REQUIREMENT: Read each of the lines below and tally those with "Fail"; the tally is the whole answer.

EXERCISE MATERIAL:
##########
// What is written of worked programs, each followed by hand.

use crate::texts::{COLORED, PLAIN, Row, WITH_SOURCE, all_kinds, check_rows, other_kinds};
use lint_styles::Style;
use lint_texts::{Kinds, Telling};
use std::test::Fail;

// The kinds that are told where nothing else is asked for.
const USUAL: &[Row] = &[
    ("proc main\nskip\nend\n", &["a.tac: no remarks"]),
    (
        "proc main\nx = 1\ncall p\nend\nproc p\nskip\nend\nproc q\ncall p\nL: goto L\nend\n",
        &[
            "a.tac:2:1: dead: the value assigned to x is never used",
            "a.tac:9:1: never-called: procedure q is never called",
            "a.tac: 2 remarks",
        ],
    ),
    (
        "proc main\nx = 1\nreturn\nprint x\n\nx = 2\nend\n",
        &[
            "a.tac:2:1: dead: the value assigned to x is never used",
            "a.tac:4:1: never-reached: no statement from here to line 6 is ever reached",
            "a.tac: 2 remarks",
        ],
    ),
    (
        "proc main\ngoto L\nskip\nL: skip\ngoto M\nskip\nskip\nM:\nend\n",
        &[
            "a.tac:3:1: never-reached: this statement is never reached",
            "a.tac:6:1: never-reached: no statement from here to line 7 is ever reached",
            "a.tac: 2 remarks",
        ],
    ),
    (
        "proc main\nx = 1\nif c goto L\nreturn\nL: print x\ngoto L\nend\n",
        &[
            "a.tac:3:1: unset: c may be used before it is set",
            "a.tac: note: 1 dead assignment is not told, since the program may never end (from line 5 on)",
            "a.tac: 1 remark",
        ],
    ),
    (
        "proc main\nx = 1\nprint x\nL: x = 2\ngoto L\nend\n",
        &[
            "a.tac: note: 2 dead assignments are not told, since the program may never end (from line 2 on)",
            "a.tac: no remarks",
        ],
    ),
    // The column is that of the statement, behind blanks and labels; a carriage return before a line feed counts for none.
    (
        "proc main\r\n  L: M: x = n\r\n\ty = 1\nend",
        &[
            "a.tac:2:9: unset: n may be used before it is set",
            "a.tac:2:9: dead: the value assigned to x is never used",
            "a.tac:3:2: dead: the value assigned to y is never used",
            "a.tac: 3 remarks",
        ],
    ),
];

const WITH_EXPRESSIONS: &str =
    "proc main\nread a\nread b\nx=a+b\ny=a+b\nif x<y goto L\nz=a*b\ngoto M\nL: z=a*b\nx=0\nM: print z\nprint n\nreturn\nprint y\nend\n";

// All kinds, in the order of points.
const ALL: &[Row] = &[(
    WITH_EXPRESSIONS,
    &[
        "a.tac:5:1: computed: a + b is already computed",
        "a.tac:6:1: busy: a * b is very busy",
        "a.tac:10:1: dead: the value assigned to x is never used",
        "a.tac:12:1: unset: n may be used before it is set",
        "a.tac:14:1: never-reached: this statement is never reached",
        "a.tac: 5 remarks",
    ],
)];

// Some kinds alone: where dead assignments are not wanted, nothing is said of those that are left out.
const OTHER: &[Row] = &[
    (
        WITH_EXPRESSIONS,
        &[
            "a.tac:5:1: computed: a + b is already computed",
            "a.tac:6:1: busy: a * b is very busy",
            "a.tac: 2 remarks",
        ],
    ),
    (
        "proc main\nx = 1\nprint x\nL: x = 2\ngoto L\nend\n",
        &["a.tac: no remarks"],
    ),
];

// The source behind each line: in a margin of five places, with a sign below the column. A tab stays a tab, in both lines; every other byte that
// is no printed sign of ASCII is told in four signs, and a carriage return before the line feed is left out.
const SOURCES: &[Row] = &[
    (
        "proc main\r\n  L: M: x = n\r\n\ty = 1\t# \u{e4}\nend",
        &[
            "a.tac:2:9: unset: n may be used before it is set",
            "    2 |   L: M: x = n",
            "      |         ^",
            "a.tac:2:9: dead: the value assigned to x is never used",
            "    2 |   L: M: x = n",
            "      |         ^",
            "a.tac:3:2: dead: the value assigned to y is never used",
            "    3 | \ty = 1\t# \\xc3\\xa4",
            "      | \t^",
            "a.tac: 3 remarks",
        ],
    ),
    // The last line lacks its line feed. A procedure that has no statement is told at its `proc`.
    (
        "proc main\nend\nproc p\nend\nproc q\n skip\nend",
        &[
            "a.tac:3:1: never-called: procedure p is never called",
            "    3 | proc p",
            "      | ^",
            "a.tac:6:2: never-called: procedure q is never called",
            "    6 |  skip",
            "      |  ^",
            "a.tac: 2 remarks",
        ],
    ),
    (
        "proc main\nx = 1\nL: goto L\nend\n",
        &[
            "a.tac: note: 1 dead assignment is not told, since the program may never end (from line 2 on)",
            "a.tac: no remarks",
        ],
    ),
];

// Procedures that have no statement, behind blanks, comments and labels: each is told at its own `proc`.
const EMPTY: &[Row] = &[
    (
        "# proc p\nproc main\nend # end\n\n  proc p # q\n\nend\nproc q\nL:\nend\n",
        &[
            "a.tac:5:3: never-called: procedure p is never called",
            "a.tac:8:1: never-called: procedure q is never called",
            "a.tac: 2 remarks",
        ],
    ),
    // `p` ends at its `end`, from which no path leads to the end of `main`, and stands before it.
    (
        "\nproc p\n # p\n end\nproc main\ncall p\nx = 1\nL: goto L\nend\n",
        &[
            "a.tac: note: 1 dead assignment is not told, since the program may never end (from line 4 on)",
            "a.tac: no remarks",
        ],
    ),
];

// What begins and ends a colour stands around the kind, the word of a note and the sign.
const COLORS: &[Row] = &[
    (
        "proc main\nx = 1\nend\n",
        &[
            "a.tac:2:1: \x1b[1;35mdead\x1b[0m: the value assigned to x is never used",
            "    2 | x = 1",
            "      | \x1b[1;32m^\x1b[0m",
            "a.tac: 1 remark",
        ],
    ),
    (
        "proc main\nx = 1\nL: goto L\nend\n",
        &[
            "a.tac: \x1b[1;36mnote\x1b[0m: 1 dead assignment is not told, since the program may never end (from line 2 on)",
            "a.tac: no remarks",
        ],
    ),
];

// What lies in one procedure, which is asked for by its number: of `p` that it is never called, and nothing where the number is none.
const TWO: &str = "proc main\nx = 1\nend\nproc p\nskip\nend\n";

const OF_MAIN: &[Row] = &[(
    TWO,
    &[
        "a.tac:2:1: dead: the value assigned to x is never used",
        "a.tac: 1 remark",
    ],
)];

const OF_P: &[Row] = &[(
    TWO,
    &[
        "a.tac:5:1: never-called: procedure p is never called",
        "a.tac: 1 remark",
    ],
)];

const OF_NONE: &[Row] = &[(TWO, &["a.tac: no remarks"])];

fn telling(kinds: Kinds, style: Style) -> Telling {
    Telling {
        kinds,
        procedure: None,
        why: false,
        style,
    }
}

// A variable that may be used before it is set at one point, and one that may at two, which lie in two procedures.
const USES: &[Row] = &[(
    "proc main\nprint x\nz = y + y\nx = 1\ncall p\n  print y\nend\nproc p\nprint x\nprint z\ny = y\nprint y\nend\n",
    &[
        "a.tac:2:1: unset: x may be used before it is set",
        "a.tac:3:1: unset: y may be used before it is set",
        "a.tac:11:1: note: y may be used before it is set here too",
        "a.tac: 2 remarks",
    ],
)];

// A call that is passed by way of the one callee that does not set the variable, one that is entered, and a test.
const WAY: &[Row] = &[
    (
        "proc main\nread y\ncall f | g\ncall h\nend\nproc f\nx = 1\nend\nproc g\nend\nproc h\nL:\nif y goto L\nprint x\nend\n",
        &[
            "a.tac:14:1: unset: x may be used before it is set",
            "a.tac:3:1: note: the way leads past this call, by way of g",
            "a.tac:4:1: note: the way leads into h",
            "a.tac:13:1: note: the way leads on to line 14",
            "a.tac: 1 remark",
        ],
    ),
    (
        "proc main\nprint x\nprint x\nend\n",
        &[
            "a.tac:2:1: unset: x may be used before it is set",
            "a.tac:3:1: note: x may be used before it is set here too",
            "a.tac: 1 remark",
        ],
    ),
];

fn telling_of(procedure: u32) -> Telling {
    Telling {
        procedure: Some(procedure),
        ..telling(Kinds::usual(), PLAIN)
    }
}

#[test]
fn later_uses(rt: HostRuntime) -> Result<(), Fail> {
    check_rows(&rt, telling(Kinds::usual(), PLAIN), USES)
}

fn telling_why() -> Telling {
    Telling {
        why: true,
        ..telling(Kinds::usual(), PLAIN)
    }
}

#[test]
fn ways(rt: HostRuntime) -> Result<(), Fail> {
    check_rows(&rt, telling_why(), WAY)
}

#[test]
fn one_procedure(rt: HostRuntime) -> Result<(), Fail> {
    check_rows(&rt, telling_of(0), OF_MAIN)?;
    check_rows(&rt, telling_of(1), OF_P)?;
    check_rows(&rt, telling_of(2), OF_NONE)
}

#[test]
fn usual_kinds(rt: HostRuntime) -> Result<(), Fail> {
    check_rows(&rt, telling(Kinds::usual(), PLAIN), USUAL)
}

#[test]
fn every_kind(rt: HostRuntime) -> Result<(), Fail> {
    check_rows(&rt, telling(all_kinds(), PLAIN), ALL)
}

#[test]
fn kinds_that_are_not_usual(rt: HostRuntime) -> Result<(), Fail> {
    check_rows(&rt, telling(other_kinds(), PLAIN), OTHER)
}

#[test]
fn lines_of_the_source(rt: HostRuntime) -> Result<(), Fail> {
    check_rows(&rt, telling(Kinds::usual(), WITH_SOURCE), SOURCES)
}

#[test]
fn procedures_with_no_statement(rt: HostRuntime) -> Result<(), Fail> {
    check_rows(&rt, telling(Kinds::usual(), PLAIN), EMPTY)
}

#[test]
fn colors(rt: HostRuntime) -> Result<(), Fail> {
    check_rows(&rt, telling(Kinds::usual(), COLORED), COLORS)
}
##########
TASK SOLUTION: 10